Engineering Analyst, Trust and Safety, RAI Novel Testing

Google•Mountain View, CA

1d•$174,000 - $258,000

About The Position

Novel Testing is a team within Trust & Safety specializing in complex testing, defining protocols and methodologies for assessing risk where best practices do not currently exist. We pioneer and scale innovative testing programs, streamlining the launch of trustworthy, novel, responsible AI (RAI) products. Work spans from designing first-of-their-kind evaluations for Google’s most ambitious product bets—including autonomous agents, personalization, and the latest hardware—to developing new methodologies for assessing novel foundational model capabilities as they emerge. Advancing the state-of-the-art in AI evaluation is central to this mission. To scale these methods, we partner closely with engineering teams to build the innovative infrastructure and tools required for automated, rigorous evaluation. You will lead the development of novel testing methodologies for emergent AI, requiring the methodological precision to design evaluation frameworks where established standards do not yet exist. You’ll address complex data science questions with creative experimentation, designing sophisticated prompt strategies and quantitative analyses to identify systemic risks and edge cases in GenAI products. Bridging the gap between theory and execution, you will build and prototype testing solutions that incorporate data science best practices. You will then partner directly with engineering teams to inform the development of automated infrastructure, ensuring your insights scale effectively across Google’s ecosystem.
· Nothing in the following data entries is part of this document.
// A kernel behind a lock.
ghost use Rattle.std.specs.Prelude.{◌<◌};
ghost use Rattle.std.specs.Sync.Mutex.{mutex_guard_value};
ghost use Rattle.blocks.specs.Disk.{Image};
ghost use Rattle.model.specs.Log.{recovered};
ghost use Rattle.wal.specs.Recovery.{RecoversAs};
ghost use Rattle.kernel.specs.Known.{Known};
ghost use Rattle.kernel.specs.Theorem.{IsExact, IsRecoveredRun};
ghost use Rattle.sysring.specs.Origins.{IsOfOrigin, processes_in};
ghost use Rattle.sysring.specs.Sessions.{FlushesShared, IsOfTurns, IsShared, StepsShared};

use crate::grouping::{Bound, Order};
use crate::pace::Serving;
use crate::session::{Origin, Session};
use blocks::Disk;
use kernel::{Kernel, Step};
use ports::{Herald, Intake};
use rings::RingIntake;
use std::sync::atomic::{AtomicU64, Ordering};
use std::sync::{Condvar, Mutex, MutexGuard, Wait};
use std::thread;
use wal::DeviceFault;

// How often others are let go on before who waits for them sleeps.
const LOOKS: u32 = 8;

/// A kernel that threads share.
#[derive(Drop)]
pub struct Shared<D: Disk, H: Herald, K: Origin<D, H>> {
    kernel: Mutex<Session<D, H, K>>,
    // The steps that changed something, wrapping. It is written under the lock.
    changes: AtomicU64,
    // Those who wait for a change. It is written under the lock.
    waiting: AtomicU64,
    changed: Condvar,
    order: Mutex<Order>,
    serving: Serving,
}

impl<D: Disk, H: Herald, K: Origin<D, H>> Shared<D, H, K> {
    /// Puts a lock round a kernel.
    pub fn new(kernel: Kernel<D, RingIntake, H>) -> Shared<D, H, K>
        requires { IsShared D.Disk H.Herald K.outset kernel }
    {
        Shared {
            kernel: Mutex::new(Session::new(kernel)),
            changes: AtomicU64::new(0),
            waiting: AtomicU64::new(0),
            changed: Condvar::new(),
            order: Mutex::new(Order::new(None)),
            serving: Serving::new(),
        }
    }

    /// Gets the lock. Whoever had the kernel before: what is known of any kernel is true of it,
    /// above all what a stop now leaves, and it goes on from the one that threads began to share.
    pub fn lock<R: Wait>(&self, rt: &R) -> MutexGuard<'_, Session<D, H, K>>
        ensures known { Known D.Disk ⟦<RingIntake as Intake>⟧ H.Herald (mutex_guard_value result) }
        ensures origin { IsOfOrigin D.Disk H.Herald K.outset (mutex_guard_value result) }
    {
        let kernel = self.acquire(rt);
        kernel.kernel().known();
        kernel
    }

    /// Gets the lock, and says THE RECOVERY THEOREM of the kernel behind it, whoever had it before:
    /// what recovery makes of each image that a stop may leave, at any moment since the opening, also
    /// where that recovery is stopped and made again, and now.
    pub fn recovers<R: Wait>(&self, rt: &R) -> MutexGuard<'_, Session<D, H, K>>
        ensures since { let k = mutex_guard_value result in (x : Image)
            → D.leaves k.store.volume.device (D.moment k.opening) x
            → IsRecoveredRun (D.image k.opening) 0 k (recovered x) }
        ensures stopped { let k = mutex_guard_value result in (x z : Image)
            → D.leaves k.store.volume.device (D.moment k.opening) x → RecoversAs x z
            → IsRecoveredRun (D.image k.opening) 0 k (recovered z) }
        ensures now { let k = mutex_guard_value result in (x : Image)
            → D.leaves k.store.volume.device (D.moment k.store.volume.device) x
            → IsExact (D.image k.opening) k x }
        ensures origin { IsOfOrigin D.Disk H.Herald K.outset (mutex_guard_value result) }
    {
        let kernel = self.lock(rt);
        kernel.kernel().recovers();
        kernel
    }

    // Gets the lock. It is sought for a while first, since who sleeps for it costs who has it a call
    // of the system.
    fn acquire<R: Wait>(&self, rt: &R) -> MutexGuard<'_, Session<D, H, K>> {
        for _look in 0..LOOKS {
            if let Some(kernel) = self.kernel.try_lock() {
                return kernel;
            }
            thread::yield_now();
        }
        self.kernel.lock(rt)
    }

    /// The kernel, once nobody shares it any more.
    pub fn into_kernel(self) -> Kernel<D, RingIntake, H>
        ensures known { Known D.Disk ⟦<RingIntake as Intake>⟧ H.Herald result }
        ensures origin { IsOfOrigin D.Disk H.Herald K.outset result }
        ensures turns { IsOfTurns D.Disk H.Herald K.outset result }
    {
        let Shared { kernel, .. } = self;
        let kernel = kernel.into_inner().into_kernel();
        kernel.known();
        kernel
    }

    /// Makes a step of a process under the lock, as `Kernel::step` makes it, of the kernel that is
    /// there then, and answers as it does. By its code it wakes all who wait where that changed
    /// something.
    pub fn step<R: Wait>(&self, rt: &R, pid: u32) -> Step
        requires { pid < processes_in K.outset }
        ensures { StepsShared D.Disk H.Herald K.outset pid result }
    {
        let mut kernel = self.lock(rt);
        let step = kernel.step(pid);
        self.tell(step);
        step
    }

    // Makes steps of a process under one lock, each as `Kernel::step` makes it, while they move it:
    // up to the end of its operation in the log. What they came to, and whether it stands there.
    pub(crate) fn advance<R: Wait>(&self, rt: &R, pid: u32) -> (Step, bool)
        requires { pid < processes_in K.outset }
    {
        let mut kernel = self.lock(rt);
        let step = kernel.advance(pid);
        self.tell(step);
        (step, kernel.is_before_end(pid))
    }

    // The same behind that end: it is answered, after the commit of its group where no other operation
    // is open. What they came to, and whether none is open.
    pub(crate) fn end<R: Wait>(&self, rt: &R, pid: u32) -> (Step, bool)
        requires { pid < processes_in K.outset }
    {
        let mut kernel = self.lock(rt);
        let step = kernel.end(pid);
        self.tell(step);
        (step, kernel.kernel().log().outstanding() == 0)
    }

    // Wakes all who wait where a step changed something.
    fn tell(&self, step: Step) {
        // A fault is a change, too: without a wake-up there who waits would wait for ever.
        if matches!(step, Step::Moved | Step::Answered | Step::Halted) {
            self.wake();
        }
    }

    // Counts a change, and wakes all who wait for one.
    fn wake(&self) {
        self.changes.fetch_add(1, Ordering::SeqCst);
        if self.waiting.load(Ordering::SeqCst) > 0 {
            self.changed.notify_all();
        }
    }

    // From now on groups are kept open, up to this bound, or aren't.
    pub(crate) fn group_by<R: Wait>(&self, rt: &R, bound: Option<Bound>) {
        let mut order = self.order.lock(rt);
        *order = Order::new(bound);
        self.serving.group(bound.is_some());
    }

    // Up to which bound groups are kept open, if they are.
    pub(crate) fn bound<R: Wait>(&self, rt: &R) -> Option<Bound> {
        self.order.lock(rt).bound
    }

    // The order of turns.
    pub(crate) fn order(&self) -> &Mutex<Order> {
        &self.order
    }

    /// Brings every answer that was given to the disk, with the lock held meanwhile: it ends each
    /// operation that is under way, as `Kernel::flush` does, and none begins before. By its code it
    /// wakes all who wait.
    ///
    /// # Errors
    ///
    /// The fault of the disk.
    pub fn flush<R: Wait>(&self, rt: &R) -> Result<(), DeviceFault>
        ensures { FlushesShared D.Disk H.Herald K.outset result }
    {
        let mut kernel = self.lock(rt);
        let flushed = kernel.flush();
        self.wake();
        flushed
    }

    // How its workers get on.
    pub(crate) fn serving(&self) -> &Serving {
        &self.serving
    }

    // How many steps changed something, wrapping.
    pub(crate) fn changes(&self) -> u64 {
        self.changes.load(Ordering::SeqCst)
    }

    // Waits until there were other than so many changes. At first it only lets others go on for a
    // while: where they change much, who sleeps would be woken at each change.
    pub(crate) fn wait_past<R: Wait>(&self, rt: &R, seen: u64) {
        for _look in 0..LOOKS {
            thread::yield_now();
        }
        if self.changes() != seen {
            return;
        }
        let changes = &self.changes;
        let kernel = self.acquire(rt);
        self.waiting.fetch_add(1, Ordering::SeqCst);
        let _kernel = self.changed.wait_while(rt, kernel, |_kernel| {
            changes.load(Ordering::SeqCst) == seen
        });
        self.waiting.fetch_sub(1, Ordering::SeqCst);
    }
}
You will utilize a researcher’s mindset—capable of deep qualitative and quantitative inquiry—paired with technical agility to translate those findings into scalable, high-impact engineering prototypes.

Requirements

Bachelor's degree or equivalent practical experience.
7 years of experience in managing projects and defining project scope, goals, and deliverables.
7 years of experience in data analysis or data science, including identifying trends, generating summary statistics, and drawing insights from quantitative and qualitative data.
5 years of experience in data analysis with experience in SQL or Python.

Nice To Haves

Master's degree or PhD in a relevant quantitative or engineering field.
5 years of experience working in trust and safety operations, data analytics, cybersecurity, or other relevant environment.
Experience working with large language models, LLM operations, prompt engineering, pre-training, and fine-tuning.
Experience in designing and conducting experiments or quantitative research in a technology or AI context.
Experience in AI systems, machine learning, and their potential risks.
Strong technical competency with a data-driven investigative approach to solve complex tests, including proficiency in data manipulation, analysis, and automation using languages like Python and SQL.

Responsibilities

Drive the methodological frontier of model evaluation.
Partner with Google DeepMind to develop novel, data-driven methodologies for the structured and unstructured testing of emerging AI products and model capabilities.
Move beyond standard benchmarks, designing sophisticated experimental frameworks, and uncovering latent model behaviors and capabilities.
Define testing and safety standards, working with cross-functional colleagues, policy, and engineering, to ensure they are met.
Perform analyses and drive insights to develop model-level and product-level safety mitigations.
Lead and influence cross-functional teams to implement safety initiatives.
Act as an advisor to executive leadership on complex safety issues.
Represent Google's AI safety efforts in external forums and collaborations, contributing to industry-wide best practices.
Mentor analysts, fostering a culture of excellence and acting as a subject matter expert on adversarial techniques.
Work with graphic, controversial, or upsetting content.